In 1933, The Three Penny Opera was first translated into English and brought to New York by Gifford Cochran and Jerrold Krimsky. There have been at least eight English translations over the years. In the 1950s, Marc Blitzstein wrote an adaptation, cleaning up “Mack the Knife” and dropping the last two stanzas about arson and rape. At the revival in New York using the Blitzstein translation, Lotte Lenya, Kurt Weill’s widow, made her comeback – she had a role in the original 1928 Berlin production.

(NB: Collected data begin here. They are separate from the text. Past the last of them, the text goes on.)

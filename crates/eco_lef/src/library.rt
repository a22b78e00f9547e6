//! A library of masters.

use crate::master::Master;
use crate::names::{Names, add_name, has_name};
use sqlite_items::Items;
use std::alloc::{AllocError, Global};
use std::collections::HashMap;
use std::marker::Model;

/// The masters of a library in the order of its text, which are found by their names.
#[derive(Drop)]
pub struct Library {
    masters: Items<Master>,
    places: Names,
}

impl Model for Library {
    ghost use Rattle.std.specs.Prelude.{List};
    ghost use Rattle.eco_lef.specs.Known.{AreNames, names_of};
    ghost use Rattle.eco_lef.specs.declared.master.Master.{Master};

    ghost Value = { List Master };

    ghost view = { λ l. l.masters };

    ghost invariant = { λ l. AreNames l.places (names_of l.masters) };
}

impl Library {
    ghost use Rattle.std.specs.Prelude.{◌≡◌, [], ◌∷◌, ◌++◌, length, option_copied, IfOk};
    ghost use Rattle.eco_common.specs.NameBytes.{is_among};
    ghost use Rattle.eco_lef.specs.Known.{names_of, first_place};
    ghost use Rattle.eco_lef.specs.Collected.{find_master};

    pub(crate) fn new(alloc: Global) -> Library
        ensures { result ≡ [] }
    {
        Library {
            masters: Items::new(alloc),
            places: HashMap::new(alloc),
        }
    }

    /// Whether a master has this name.
    pub(crate) fn has(&self, name: &[u8]) -> bool
        ensures { result ≡ is_among (names_of self.now) name.now }
    {
        has_name(&self.places, name)
    }

    /// The library with one more master.
    pub(crate) fn with(self, alloc: Global, master: Master) -> Result<Library, AllocError>
        ensures { IfOk result (λ l. l ≡ self ++ master ∷ []) }
    {
        let Library {
            mut masters,
            mut places,
        } = self;
        add_name(alloc, &mut places, master.name.bytes(), masters.len())?;
        masters.push(master)?;
        Ok(Library { masters, places })
    }

    pub(crate) fn len(&self) -> usize
        ensures { result ≡ length self.now }
    {
        self.masters.len()
    }

    /// The masters, in the order of the text.
    pub fn masters(&self) -> &[Master]
        ensures { result.now ≡ self.now }
    {
        self.masters.as_slice()
    }

    /// The place of the master of a name, from 0 in the order of the text.
    pub fn place(&self, name: &[u8]) -> Option<usize>
        ensures { result ≡ first_place (names_of self.now) name.now }
    {
        let _masters = &self.masters;
        self.places.get(name).copied()
    }

    /// The master of a name.
    pub fn find(&self, name: &[u8]) -> Option<&Master>
        ensures { option_copied result ≡ find_master name.now self.now }
    {
        match self.places.get(name) {
            Some(place) => self.masters.get(*place),
            None => None,
        }
    }
}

Blitzstein’s sanitized adaptation is the best known version of the song in the English-speaking world, and undoubtedly the one you’ve heard. Louis Armstrong popularized it worldwide in 1955 with an amazing jazz beat. Bobby Darin’s 1958 recording was #1 on the Billboard charts for many weeks and won a Grammy as best song. It’s been sung as ballad, jazz, and rock by many of the greats, including Ella Fitzgerald and Rosemary Clooney.
In the 1970s, Joseph Papp commissioned Ralph Manheim and John Willett to do an adaptation/translation that would be “more faithful” to Brecht. So, if you were surprised at the notion of arson and rape, here’s Willett’s translation of the last two stanzas, omitted from the Blitzstein version:
And the ghastly fire in Soho, Seven children at a go- In the crowd stands Mack the knife, but He’s not asked and doesn’t know. And the child bride in her nightie, Whose assailant’s still at large Violated in her slumbers- Mackie how much did you charge?
Having hit the heights with Louis Armstrong, it’s only fair that we also recount the depths reached in the 1980s with the McDonald’s TV jingle, “Mac Tonight.” Selling Big Macs – how have the mighty fallen.
Got a question, Harmon Everett? Get behind old Lucy Brown. Oh the line forms on the right, dear Now that Cecil’s back in town.